I’m hopelessly in fear. You don’t care,
blocking up Your holy
You hear me cry, see my
tears fall as I stare up in black
unknown–God, hear my plea:
bring wonder, turn my heels
back. Let my mind go blank &
tears of joy fall to the floor.
Let me dance, my spirit
uproar in praise to You,
my Abba, friend, & counselor.
so this week has been interesting. Today my friend Miah, released her first book!! A book about letting go of perfectionism and how God uses you without you even realizing it.
I had the opportunity to read this a few months ago after reaching out to Miah. God really does work in interesting ways because when she liked a photo of something on my Instagram, I went a little crazy seeing the title of her upcoming book.
Of course I wanted to read it, but something in me was drawn to the word, reluctant. I spent many days: God, I want to read her book. Please please please?! I felt asking would be weird. I also didn’t want to go all launch crazy.
I emailed her one day and then she sent her along in an email, after I told her my struggle with not knowing where God is leading me. And being introverted. I was only to read it. I really was.
Then, I went crazy. Not launch crazy. Edit crazy. I didn’t even mean to. I sat on my phone and made notes. That isn’t the worst part. I had such a longing to help mixed with heavy expectation to catch everything in a decent time frame, that I pushed myself hard. I also emailed Miah telling her how I was crying because I wanted it to be perfect. To get it done before her deadline.
God had serious compassion on me. Serious. I finished and I highly doubt I caught everything, especially since I kept checking myself to make sure I didn’t change something based on how I would say something. (Tough one for me)
I think I’m telling this because what I experienced while reading her book, happens any time I take anything on–perfection mad. But I don’t know perfection is as God does. He never looks for me to do something perfect, He asks for what I have.

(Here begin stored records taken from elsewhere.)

//! Values that grow: texts and elements are put behind them.
ghost use Rattle.std.specs.Prelude.{◌≡◌, ◌++◌, Ok, IfOk, OnOk, true};
ghost use Rattle.tks_list.specs.Growing.{TakesElements};
ghost use Rattle.tks_tcl.specs.Cause.{within};
ghost use Rattle.tks_tcl.specs.Making.{MakesSo, list_with};
ghost use Rattle.tks_tcl.specs.Meets.{GivesSo};
ghost use Rattle.tks_tcl.specs.Variables.{flat, with_elements};

use crate::interrupt::Interrupt;
use crate::making::Making;
use crate::room::{have_room, room_behind};
use crate::words::list_in;
use std::alloc::{AllocError, Global};
use tks_list::{ListText, Suffix};
use tks_text::{Limits, Seq, Txt, fits};

// Puts a text behind a value.
fn put_behind(value: &mut ListText, more: &Suffix, limits: &Limits) -> Result<(), Interrupt>
    ensures { MakesSo limits.now (Ok (value.old ++ more.now)) value.old value.new result }
{
    if room_behind(limits.text as usize, value.len(), more.as_text().len()).is_none() {
        return Err(Interrupt::TooLarge);
    }
    value.append(more)?;
    Ok(())
}

// Adds texts at the end of a text.
fn push_all(text: &mut Txt, more: &[Txt]) -> Result<(), AllocError>
    ensures { OnOk result (text.new ≡ text.old ++ flat more.now) }
{
    for next in more {
        text.append(next)?;
    }
    Ok(())
}

// Texts one after the other.
fn flat(alloc: Global, texts: &[Txt]) -> Result<Txt, AllocError>
    ensures { IfOk result (λ t. t ≡ flat texts.now) }
{
    let mut text = Txt::new(alloc);
    push_all(&mut text, texts)?;
    Ok(text)
}

// The same, where they pass no limit. Where they would, nothing is made.
#[tactic(auto, using(crate::proofs::Lengths::flat_room))]
fn flat_within(alloc: Global, texts: &[Txt], limits: &Limits) -> Result<Txt, Interrupt>
    ensures { GivesSo (λ t. t) result (within limits.now (flat texts.now)) }
{
    if !have_room(texts, 0, limits.text as usize) {
        return Err(Interrupt::TooLarge);
    }
    Ok(flat(alloc, texts)?)
}

/// Texts that are put behind a value.
#[derive(Clone, Copy)]
pub(crate) struct MoreTexts<'a>(pub &'a [Txt]);

impl Making for MoreTexts<'_> {
    ghost use Rattle.tks_tcl.specs.Variables.{with_texts};

    ghost makes = { λ it. with_texts it.0.now };

    fn make(self, alloc: Global, value: &mut ListText, limits: &Limits) -> Result<(), Interrupt> {
        let more = flat_within(alloc, self.0, limits)?;
        put_behind(value, &Suffix::of(more), limits)
    }
}

// Adds elements at the end of a list.
fn push_elements(list: &mut Seq<Txt>, elements: &[Txt]) -> Result<(), AllocError>
    ensures { OnOk result (list.new ≡ list.old ++ elements.now) }
{
    for element in elements {
        list.push(element.try_clone()?)?;
    }
    Ok(())
}

// The list that a text splits into, and elements behind it, where these alone pass no limit.
fn list_with(
    alloc: Global,
    text: &Txt,
    elements: &[Txt],
    limits: &Limits,
) -> Result<ListText, Interrupt>
    ensures { GivesSo (λ t. t) result (list_with limits.now text.now elements.now) }
{
    let mut list = list_in(alloc, text)?;
    if !have_room(elements, 1, limits.text as usize + 1) {
        return Err(Interrupt::TooLarge);
    }
    push_elements(&mut list, elements)?;
    Ok(ListText::of_list(alloc, list.as_slice())?)
}

// Puts elements behind a value that takes them as they are spelled.
fn put_elements(
    alloc: Global,
    value: &mut ListText,
    elements: &[Txt],
    limits: &Limits,
) -> Result<(), Interrupt>
    requires { TakesElements value.old }
    ensures { MakesSo limits.now (with_elements elements.now value.old) value.old value.new result }
{
    if !have_room(elements, 1, limits.text as usize) {
        return Err(Interrupt::TooLarge);
    }
    put_behind(value, &Suffix::of_elements(alloc, elements)?, limits)
}

// Puts elements behind the list that a value splits into, which is spelled anew.
fn join_elements(
    alloc: Global,
    value: &mut ListText,
    elements: &[Txt],
    limits: &Limits,
) -> Result<(), Interrupt>
    ensures { MakesSo limits.now (with_elements elements.now value.old) value.old value.new result }
{
    let list = list_with(alloc, value.as_text(), elements, limits)?;
    if !fits(list.as_text(), limits) {
        return Err(Interrupt::TooLarge);
    }
    *value = list;
    Ok(())
}

/// Elements that are put behind the list in a value.
#[derive(Clone, Copy)]
pub(crate) struct MoreElements<'a>(pub &'a [Txt]);

impl Making for MoreElements<'_> {
    ghost use Rattle.tks_tcl.specs.Variables.{with_elements};

    ghost makes = { λ it. with_elements it.0.now };

    fn make(self, alloc: Global, value: &mut ListText, limits: &Limits) -> Result<(), Interrupt> {
        if value.takes_elements() {
            return put_elements(alloc, value, self.0, limits);
        }
        join_elements(alloc, value, self.0, limits)
    }
}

My small offering and He takes care of the rest.
He also shows me continuously how a thank you!! makes my soul dance & how it doesn’t even compare to $. It’s food enough.
Yesterday was my 3 year anniversary blogging here. I wanted to write something to honor it or something, but I’m still in shock. I also keep wanting to take a look at my first poem I wrote. See if it compares with today’s. As in if I still feel the same. I’m think shocked more that I’ve stuck with this for so long and let evolve from poetry to some prose.
Shock. I wonder what the rest of the week will bring. Oh, and I was chosen to help launch this book. If God could be any funnier or subtle about inviting me to come out hiding, I think I’m getting the point 🙄. God is hilarious. Really.